After turning the calibration switch to the calibration side and confirming that the swing of the indicator indicating the voltage generated at both ends of the load indicates a flameless state, turn the calibration switch to the measurement side to return to the normal flame detection state.

As described above, in this application, a two-wire transmission line system is adopted for the measurement system, the calibration system for calibrating the measurement system also uses the two-wire transmission line, and moreover, a low-power liquid crystal is used for the optical shutter.

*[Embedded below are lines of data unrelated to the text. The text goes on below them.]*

impl<D: Disk + Drop, C: Clock + Drop> TransactionManager<D, C> {
    /// Begins the transaction of a scope that makes one.
    fn make(&mut self, is_made: bool, t: Timeout) -> Result<Option<TxId>, TxError>
        ensures made { IfOk result (λ m. is_some m ≡ is_made) }
        ensures begun { IfOk result (λ m. BeginsWhere D.faults t m self.old self.new) }
        ensures others { IfOk result (λ m. AreSameBut m self.old.lives self.new.lives) }
        ensures refused { OnErr result (self.new.lives ≡ self.old.lives) }
        ensures log { NumbersLog D.honest D.image D.faults self.old.log self.new.log }
        ensures rises { self.old.last ≤ self.new.last }
        ensures time { KeepsClock self.old self.new }
        ensures cause { IfErr result (MayNotBegin D.faults self.old.log self.new.log self.old.lives) }
    {
        if !is_made {
            return Ok(None);
        }
        match self.begin(t) {
            Ok(CommittableTransaction { number }) => Ok(Some(number)),
            Err(e) => Err(e),
        }
    }

    /// Takes off the transaction of a scope that wasn't opened.
    fn unmake(&mut self, made: Option<TxId>)
        ensures gone { (t : TxId) → made ≡ Some t → live_at t self.new.lives ≡ None }
        ensures others { AreSameBut made self.old.lives self.new.lives }
        ensures rest { KeepsRest self.old self.new }
    {
        if let Some(t) = made {
            self.take_off(t);
        }
    }

    /// Opens a scope. Required joins the ambient transaction, or makes one where there is none; RequiresNew makes one; with Suppress the scope has none. The timeout
    /// counts where it makes one. (`new TransactionScope(option, options)` of System.Transactions.)
    ///
    /// # Errors
    ///
    /// - [`ScopeError::Refused`] where 64 scopes are open, or the isolation isn't that of the ambient transaction.
    /// - [`ScopeError::Begin`] where its transaction can't be begun, as of [`TransactionManager::begin`].
    pub fn open_scope(
        &mut self,
        a: &mut Ambient,
        k: ScopeOption,
        t: Timeout,
        i: IsoWord,
    ) -> Result<TransactionScope, ScopeError>
        ensures opened { IfOk result (λ s. IsOpened k (asked_by i) s self.new.lives a.old.scopes a.new.scopes) }
        ensures begun { IfOk result (λ s. BeginsWhere D.faults t (made_in s) self.old self.new) }
        ensures others { IfOk result (λ s. AreSameBut (made_in s) self.old.lives self.new.lives) }
        ensures allowed { OnOk result (enter_refusal k (asked_by i) a.old.scopes ≡ None) }
        ensures kept { OnErr result (a.new ≡ a.old) }
        ensures refused { OnErr result (AreSameBut None self.old.lives self.new.lives) }
        ensures cause { IfErr result (MayNotOpen D.faults k (asked_by i) a.old.scopes self.old self.new) }
        ensures log { NumbersLog D.honest D.image D.faults self.old.log self.new.log }
        ensures rises { self.old.last ≤ self.new.last }
        ensures time { KeepsClock self.old self.new }
    {
        let is_made = a.makes(k);
        let scope = match a.give() {
            Ok(scope) => scope,
            Err(e) => return Err(ScopeError::Begin(e)),
        };
        let made = match self.make(is_made, t) {
            Ok(made) => made,
            Err(e) => {
                a.take();
                return Err(ScopeError::Begin(e));
            }
        };
        match a.context.enter(scope, k, place_of(made), isolation(i)) {
            Ok(entered) => Ok(TransactionScope {
                scope,
                transaction: self.holding(made, entered),
                is_made,
            }),
            Err(e) => {
                a.take();
                self.unmake(made);
                Err(ScopeError::Refused(e))
            }
        }
    }

    /// The transaction of a scope, for its holder: the one that it made, or that goes on at the place of the one that it joined.
    fn holding(&self, made: Option<TxId>, x: Entered) -> Option<CommittableTransaction>
        ensures { number_in result ≡ held_by made self.now.lives (transaction_in x) }
    {
        if let Some(number) = made {
            return Some(CommittableTransaction { number });
        }
        match x.transaction() {
            Some(place) => Some(CommittableTransaction {
                number: self.at_place(place),
            }),
            None => None,
        }
    }

    /// Rolls back the transaction of a scope that isn't complete.
    fn abandon<O: ResourceManager>(&mut self, t: TxId, o: &mut O) -> Result<(), CommitError>
        ensures rolled { IsRolledBack D.faults D.honest D.image O.gives t result self.old self.new o.old o.new }
        ensures heard { HeardAt D.honest D.image O.gives [] t self.old self.new o.old o.new }
        ensures nobody { SparesNone t self.old self.new o.old o.new }
        ensures others { AreSame t self.old.lives self.new.lives }
        ensures time { KeepsTime self.old self.new }
    {
        let done = self.go(t, &Call::Rollback(t.t()), o);
        abandoned(done)
    }

    /// Rolls back the transactions of the scopes that a wrongly nested dispose closed.
    fn abandon_all<O: ResourceManager>(&mut self, a: &Ambient, o: &mut O)
        ensures steps { ConcludesAll D.honest D.image O.gives self.old self.new o.old o.new }
        ensures others { (u : TxId) → has (λ t. u.t.value == t.value) a.now.rolled ≡ false → live_at u self.new.lives ≡ live_at u self.old.lives }
        ensures time { KeepsTime self.old self.new }
    {
        for place in a.context.rolled() {
            let rolled = self.at_place(*place);
            self.has_run_at(rolled);
            let _ = self.abandon(rolled, o);
            self.has_run_at(rolled);
        }
    }

    /// Commits the transaction of a scope that is complete.
    fn conclude<O: ResourceManager>(&mut self, t: TxId, o: &mut O) -> Result<(), CommitError>
        ensures told { IsTold result (live_at t self.new.lives) }
        ensures heard { HeardAt D.honest D.image O.gives [] t self.old self.new o.old o.new }
        ensures nobody { SparesNone t self.old self.new o.old o.new }
        ensures others { AreSame t self.old.lives self.new.lives }
        ensures time { KeepsTime self.old self.new }
    {
        let tx = CommittableTransaction { number: t };
        let done = self.commit(&tx, o);
        let CommittableTransaction { number: _ } = tx;
        done
    }

    /// What closing a scope does to its transaction.
    fn settle<O: ResourceManager>(&mut self, x: Closed, o: &mut O) -> Result<(), CommitError>
        ensures steps { ConcludesAll D.honest D.image O.gives self.old self.new o.old o.new }
        ensures settled { Settles D.faults D.honest D.image O.gives x result self.old self.new o.old o.new }
        ensures others { AreSameBut (ended_by x self.old.lives) self.old.lives self.new.lives }
        ensures idle { x ≡ Closed.Nothing → self.new ≡ self.old }
        ensures time { KeepsTime self.old self.new }
    {
        match x {
            Closed::Nothing => Ok(()),
            Closed::Commit(place) => {
                let committed = self.at_place(place);
                self.has_run_at(committed);
                let done = self.conclude(committed, o);
                self.has_run_at(committed);
                done
            }
            Closed::Rollback(place) => {
                let t = self.at_place(place);
                self.has_run_at(t);
                let done = self.abandon(t, o);
                self.has_run_at(t);
                done
            }
        }
    }

    /// Closes a scope, with what is to be done with its transaction.
    fn close<O: ResourceManager>(
        &mut self,
        a: &mut Ambient,
        s: ScopeNo,
        o: &mut O,
    ) -> Result<(), CommitError>
        ensures steps { ConcludesAll D.honest D.image O.gives self.old self.new o.old o.new }
        ensures settled { is_top s.value a.old.scopes ≡ true → Settles D.faults D.honest D.image O.gives (closing a.old.scopes) result self.old self.new o.old o.new }
        ensures others { is_top s.value a.old.scopes ≡ true → AreSameBut (ended_by (closing a.old.scopes) self.old.lives) self.old.lives self.new.lives }
        ensures idle { is_top s.value a.old.scopes ≡ true → closing a.old.scopes ≡ Closed.Nothing → self.new ≡ self.old }
        ensures innermost { OnOk result (is_top s.value a.old.scopes ≡ true) }
        ensures wrong { is_top s.value a.old.scopes ≡ false → result ≡ Err (CommitError.Refused (close_answer s.value a.old.scopes)) }
        ensures nested { is_top s.value a.old.scopes ≡ false → (u : TxId) → has (λ t. u.t.value == t.value) (rolled_back s.value a.old.scopes) ≡ false → live_at u self.new.lives ≡ live_at u self.old.lives }
        ensures beneath { has (is_scope s.value) a.old.scopes ≡ true → a.new.scopes ≡ beneath s.value a.old.scopes }
        ensures unopened { has (is_scope s.value) a.old.scopes ≡ false → (a.new ≡ a.old) × (self.new ≡ self.old) × (o.new ≡ o.old) }
        ensures time { KeepsTime self.old self.new }
    {
        match a.context.close(s) {
            Ok(x) => self.settle(x, o),
            Err(ScopeRefusal::NestedWrongly(u)) => {
                self.abandon_all(a, o);
                Err(CommitError::Refused(Answer::Nested(u)))
            }
            Err(e) => Err(CommitError::Refused(answer_of(e))),
        }
    }

    /// The holder of a scope has it no more, nor the transaction that it made.
    fn let_go(&mut self, s: TransactionScope)
        ensures others { AreSameBut (made_in s) self.old.lives self.new.lives }
        ensures made { (t : TxId) → made_in s ≡ Some t → IsLeftAt t self.old.lives self.new.lives }
        ensures rest { KeepsRest self.old self.new }
    {
        let TransactionScope {
            scope: _,
            transaction,
            is_made,
        } = s;
        match transaction {
            Some(CommittableTransaction { number }) => {
                if is_made {
                    self.leave(number);
                }
            }
            None => (),
        }
    }

    /// Disposes a scope: one that is complete commits the transaction that it made; one that isn't rolls its transaction back, and that is
    /// [`CommitError::Aborted`]. (`TransactionScope.Dispose` of System.Transactions.)
    ///
    /// # Errors
    ///
    /// As of [`TransactionManager::commit`]; and [`CommitError::Refused`] where the scope isn't the innermost one: then the transactions of it and of all within it
    /// are rolled back.
    pub fn dispose<O: ResourceManager>(
        &mut self,
        a: &mut Ambient,
        s: TransactionScope,
        o: &mut O,
    ) -> Result<(), CommitError>
        ensures steps { ConcludesAll D.honest D.image O.gives self.old self.new o.old o.new }
        ensures settled { is_top s.scope.value a.old.scopes ≡ true → SettlesBefore D.faults D.honest D.image O.gives s (closing a.old.scopes) result self.old self.new o.old o.new }
        ensures others { is_top s.scope.value a.old.scopes ≡ true → (u : TxId) → ended_by (closing a.old.scopes) self.old.lives ≢ Some u → made_in s ≢ Some u → live_at u self.new.lives ≡ live_at u self.old.lives }
        ensures idle { is_top s.scope.value a.old.scopes ≡ true → closing a.old.scopes ≡ Closed.Nothing → KeepsRest self.old self.new }
        ensures innermost { OnOk result (is_top s.scope.value a.old.scopes ≡ true) }
        ensures wrong { is_top s.scope.value a.old.scopes ≡ false → result ≡ Err (CommitError.Refused (close_answer s.scope.value a.old.scopes)) }
        ensures nested { is_top s.scope.value a.old.scopes ≡ false → (u : TxId) → has (λ t. u.t.value == t.value) (rolled_back s.scope.value a.old.scopes) ≡ false → made_in s ≢ Some u → live_at u self.new.lives ≡ live_at u self.old.lives }
        ensures beneath { has (is_scope s.scope.value) a.old.scopes ≡ true → a.new.scopes ≡ beneath s.scope.value a.old.scopes }
        ensures unopened { has (is_scope s.scope.value) a.old.scopes ≡ false → (a.new ≡ a.old) × KeepsRest self.old self.new × (o.new ≡ o.old) }
        ensures time { KeepsTime self.old self.new }
    {
        a.take();
        let closed = self.close(a, s.scope, o);
        self.let_go(s);
        closed
    }

    /// Completes a scope, and disposes it in any case.
    fn complete_scope<O: ResourceManager>(
        &mut self,
        a: &mut Ambient,
        s: TransactionScope,
        o: &mut O,
    ) -> Result<(), CommitError>
        ensures steps { ConcludesAll D.honest D.image O.gives self.old self.new o.old o.new }
        ensures finishes { OnOk result (Finishes D.faults D.honest D.image O.gives s self.old self.new a.old.scopes a.new.scopes o.old o.new) }
        ensures time { KeepsTime self.old self.new }
    {
        let completed = a.context.complete(s.scope);
        let disposed = self.dispose(a, s, o);
        match completed {
            Ok(()) => disposed,
            Err(e) => incomplete(e, disposed),
        }
    }

    /// Ends the work in a scope: where it was Ok the scope is completed, and it is disposed in any case.
    ///
    /// # Errors
    ///
    /// That of the work; else as of [`TransactionScope::complete`] and [`TransactionManager::dispose`].
    pub fn finish<T: Drop, O: ResourceManager>(
        &mut self,
        a: &mut Ambient,
        s: TransactionScope,
        worked: Result<T, CommitError>,
        o: &mut O,
    ) -> Result<T, CommitError>
        ensures work { IfOk result (λ x. worked ≡ Ok x) }
        ensures steps { ConcludesAll D.honest D.image O.gives self.old self.new o.old o.new }
        ensures finishes { OnOk result (Finishes D.faults D.honest D.image O.gives s self.old self.new a.old.scopes a.new.scopes o.old o.new) }
        ensures error { IfErr worked (λ e. result ≡ Err e) }
        ensures fails { OnErr worked (Fails D.faults D.honest D.image O.gives s self.old self.new a.old.scopes o.old o.new) }
        ensures time { KeepsTime self.old self.new }
    {
        match worked {
            Ok(x) => match self.complete_scope(a, s, o) {
                Ok(()) => Ok(x),
                Err(e) => Err(e),
            },
            Err(e) => {
                let _ = self.dispose(a, s, o);
                Err(e)
            }
        }
    }

    /// Does work in a scope: where it is Ok the scope is completed, and it is disposed in any case.
    ///
    /// # Errors
    ///
    /// That of the work; else as of [`TransactionManager::open_scope`] and [`TransactionManager::finish`].
    pub fn in_scope<T, O, W>(
        &mut self,
        a: &mut Ambient,
        k: ScopeOption,
        t: Timeout,
        i: IsoWord,
        o: &mut O,
        w: W,
    ) -> Result<T, CommitError>
    where
        T: Drop,
        O: ResourceManager,
        W: Work<D, C, O, T>,
        ensures { IfOk result (λ x. WorksIn D.faults D.honest D.image O.gives (W.does w) k t (asked_by i) x self.old self.new a.old a.new o.old o.new) }
    {
        let s = match self.open_scope(a, k, t, i) {
            Ok(s) => s,
            Err(e) => return Err(CommitError::from(e)),
        };
        let worked = w.run(self, a, &s, o);
        self.finish(a, s, worked, o)
    }
}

Because I configured it like this,
The number of cables is only two, and since the liquid crystal is driven with less power than a solenoid, noise generation is reduced and it is possible to eliminate any adverse effects on other circuits.

Furthermore, since the operating state of the flame detection device can be accurately checked, there is an effect that it is possible to reduce the risk of determining that there is a flame even when there is no flame due to an abnormality in the sensor or amplifier circuit.

[Brief explanation of the drawing]

FIG. 1 is a block diagram showing the configuration of a conventional flame detection device, and FIG. 2 is a block diagram showing the configuration of the flame detection device of the present invention. 20...Load, 21...DC power supply, 22...Calibration switch, 23...AC power supply, 24...2-wire transmission line, 31...Separation circuit, 32...Sensor,
33...Liquid crystal, 34...Liquid crystal drive circuit, 36...
Variable resistance element.

Claims (1)

[Claims] 1. Place the variable resistance element on the field side, and place the load/power source on the center side, and connect them electrically in series. 2.
a wire transmission line, a flame detector that detects flame and controls the resistance value of the variable resistance element, and a separation circuit that is disposed on the field side and separates and extracts a calibration command signal from the two-wire transmission line; an optical element configured to block the light incident on the flame detector from being transmitted in response to the output of the separation circuit; and an optical element disposed on the center side to issue the calibration command to the two-wire transmission line in response to a calibration start signal. A flame detection device comprising a calibration circuit for connecting signals.